MOO WebTech
Data Insertionpracticeintermediate

INSERT Practice (Session 2)

Second guided practice session for A3: completing and polishing rerunable INSERT scripts.

80 minL41

Goals

  • Write a complete multi-table re-runnable INSERT script from scratch
  • Handle FK dependencies correctly using TRUNCATE or ON CONFLICT
  • Verify idempotency by running the full script twice
  • Apply CTE + INSERT pattern for complex data preparation

Warm-up

Task (5 min): What is the difference between ON CONFLICT DO NOTHING and TRUNCATE + INSERT? When would you use each?
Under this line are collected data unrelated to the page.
ghost use Rattle.std.specs.Prelude.{◌≡◌, ◌≤◌, ◌↔◌, pos, [], IsTrue, Ok, IfOk, IfErr};
ghost use Rattle.matter_rows.specs.declared.limits.TheConstants.{MAX_TOTAL};
ghost use Rattle.sql_tables.specs.Given.{entry_given};
ghost use Rattle.matter_rows.specs.declared.clearing.Clearing.{Clearing as Told};
ghost use Rattle.matter_rows.specs.declared.deposit.Deposit.{Deposit as Received};
ghost use Rattle.matter_rows.specs.declared.deposit.DepositState.{DepositState as ReceivedState};
ghost use Rattle.matter_rows.specs.declared.deposit.ReturnedDeposit.{ReturnedDeposit as Returned};
ghost use Rattle.matter_rows.specs.declared.payment.ClearedPayment.{ClearedPayment as Cleared};
ghost use Rattle.matter_rows.specs.declared.payment.VoidedPayment.{VoidedPayment as Voided};
ghost use Rattle.matter_rows.specs.declared.payment.Fund.{Fund as Source};
ghost use Rattle.matter_rows.specs.declared.payment.Payment.{Payment as Paid};
ghost use Rattle.matter_rows.specs.declared.payment.PaymentState.{PaymentState as PaidState};
ghost use Rattle.matter_rows.specs.declared.fee.Fee.{Fee as Earned};
ghost use Rattle.matter_rows.specs.declared.claim.Against.{Against as On};
ghost use Rattle.matter_rows.specs.declared.claim.Claim.{Claim as Claimed};
ghost use Rattle.matter_rows.specs.declared.claim.ClaimState.{ClaimState as ClaimedState};
ghost use Rattle.matter_rows.specs.declared.entry.Entry.{Entry as Written};
ghost use Rattle.matter_parts.specs.declared.kept.Kept.{Kept as KeptEntry};
ghost use Rattle.sql_rows.specs.Columns.{GivesBack};
ghost use Rattle.sql_rows.specs.Entries.{IsClearing, IsReturn, IsDepositState, IsDeposit};
ghost use Rattle.sql_rows.specs.Entries.{IsFund, IsPaymentState, IsPayment, IsFee};
ghost use Rattle.sql_rows.specs.Entries.{IsAgainst, IsClaimState, IsClaim, IsKept};
ghost use Rattle.sql_rows.specs.Entries.{HasClearing, HasReturn, HasDepositState, HasDeposit};
ghost use Rattle.sql_rows.specs.Entries.{HasFund, HasPaymentState, HasPayment, HasFee};
ghost use Rattle.sql_rows.specs.Entries.{HasAgainst, HasClaimState, HasClaim, HasForm, HasEntry};
ghost use Rattle.sql_rows.specs.Entries.{entry_columns, BeginsEntry};
ghost use Rattle.sql_rows.specs.Entries.{HasSamePlace, HasSameMoney, HasSameDays, HasSameTexts};
ghost use Rattle.sql_rows.specs.Entries.{plain_parts, fund_kind, fund_of, as_columns};

use crate::codes::{
    CLAIM_FUND, CLAIM_KIND, CLAIM_OFFERED, CLAIM_OPEN, CLAIM_SETTLED, DEPOSIT_CANCELLED,
    DEPOSIT_CLEARED, DEPOSIT_HELD, DEPOSIT_KIND, DEPOSIT_RETURNED, FEE_FUND, FEE_KIND,
    GENERAL_FUND, PAYMENT_CLEARED, PAYMENT_DECLINED, PAYMENT_ISSUED, PAYMENT_KIND,
    PAYMENT_PROPOSED, PAYMENT_VOIDED,
};
use crate::column::{amount_in, bank_text_in, day_in, entry_no_in, label_in, number_in, part_in};
use matter_parts::Kept;
use matter_rows::{
    Against, Claim, ClaimState, ClearedPayment, Clearing, Deposit, DepositState, Entry, Fee, Fund,
    MAX_TOTAL, Payment, PaymentState, ReturnedDeposit, Settlement, VoidedPayment,
};
use sql_tables::EntryColumns;
use std::alloc::Global;
use trust_base::{Cents, Day, EntryNo, MatterNo, StoreFault};

// The columns of an entry of this kind, day and amount. Those of its texts and its state are empty.
fn blank_columns<'a>(
    matter: MatterNo,
    no: EntryNo,
    left: u64,
    kind: i64,
    book: Day,
    amount: Cents,
) -> EntryColumns<'a>
    requires { left ≤ MAX_TOTAL }
    ensures { entry_given result
        ≡ record (as_columns matter no left (plain_parts 0 book amount 0 0 0 [] [] [])) { kind = kind } }
{
    EntryColumns {
        matter: matter.get() as i64,
        no: no.get() as i64,
        kind,
        day: book.get() as i64,
        amount: amount.get() as i64,
        state: 0,
        fund: 0,
        of_no: 0,
        text_a: b"",
        text_b: b"",
        text_c: b"",
        day_done: 0,
        day_undone: 0,
        day_bank: 0,
        bank_ref: b"",
        part: 0,
        left_now: left as i64,
    }
}
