//! From nests to code: steps of their styles, down to bodies.
//!
//! A descent goes by weight. Of each nest it first asks whether the body is nothing there, or has code at once
//! (`Known`); a nest that weighs nothing (`weighs_nothing`) has the code of its body; and any other is stepped by its
//! style (`step`), its parts are descended, and their codes fill the step's frame. Each part weighs less.
//!
//! Where the bodies of a loop hold loops again, the descent is one cycle with what makes their codes, and no call
//! through a trait can stand in it. So it is written where they are, out of the functions here, and
//! `proofs/Cycle.antt` has what each of its functions is proved by. `descend` is such a descent, for bodies whose
//! codes are made by something else (`Bodies`): it shows that the lemmas are enough.
//!
//! Where they are made by something that would call back into the descent, it goes in two steps instead (`flatten`):
//! first to a frame with a `Skip` for each leaf, which asks only what needs no code (`Asks`), and then the caller makes
//! the codes of the leaves, one after another, and fills the frame with them (`specs/Flat.antt`).
//!
//! The caller chooses what may stand behind the nests (`specs/Promises.antt`): what the loop does in the runs of a
//! program. The code then means the nest in values and charges, in each layout with the locals that the code needs.
//! It does so where the body is nothing at the coordinates that jumpers may pass over (`Jumps` of `fin_nest`): who runs
//! the loop owes that of the whole nest. Of a loop whose nests hold no jumpers (`specs/Jumpless.antt`) it owes nothing,
//! and the laws say that the parts hold none either.
//!
//! What the code of a nest leaves as it is in any machine, also where a run isn't regular, is seen from the code
//! (`specs/Sparing.antt`): its frames assign only the looplets' own locals and those from the nest's first free one on.
//! They name only locals and tensors of a layout in which the nest is named and which has the locals that the steps take
//! (`specs/Naming.antt`).
#![tactic(auto)]

mod bodies;
mod descending;
mod flattening;
mod laws;
mod lowered;
mod stepping;
mod weights;

pub use bodies::Bodies;
pub use descending::descend;
pub use fin_style_point::Nest;
pub use flattening::{Asks, Flat, Leaf, Told, flatten};
pub use laws::{
    LeafProperty, fills_are_named, fills_spare, flat_are_runs, frames_compose, jumpless_dont_jump,
    more_is_named, numbers_last, parts_are_named, parts_are_of_loop, parts_come_later,
    parts_keep_leaves, runs_keep_leaves, sparing_is_monotone, steps_have_holes, steps_spare,
    words_last,
};
pub use lowered::{Known, Lowered, filled, greater, nothing};
pub use stepping::{Split, step, take_first};
pub use weights::weighs_nothing;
Hint `ON CONFLICT DO NOTHING` preserves existing rows and skips duplicates — useful when data accumulates over time. `TRUNCATE + INSERT` resets everything on each run — useful for reference data or test data that should always match the script exactly.

Steps

Step 1 — Design your insert order

Given these tables from a hypothetical schema, write the correct TRUNCATE order (children first):

  • payment depends on rental, customer
  • rental depends on customer, staff, inventory
  • inventory depends on film, store
  • customer depends on address
  • address depends on city
  • city depends on country

Write the TRUNCATE block:

SQL
TRUNCATE TABLE ??? CASCADE;
TRUNCATE TABLE ??? CASCADE;
-- ... continue in correct order
Hint Start with the most dependent tables: `payment`, then `rental`, then `inventory`, `customer`, `address`, `city`, `country`, `store`, `staff`, `film`.

Or use one TRUNCATE TABLE payment, rental, inventory, customer ... CASCADE; statement.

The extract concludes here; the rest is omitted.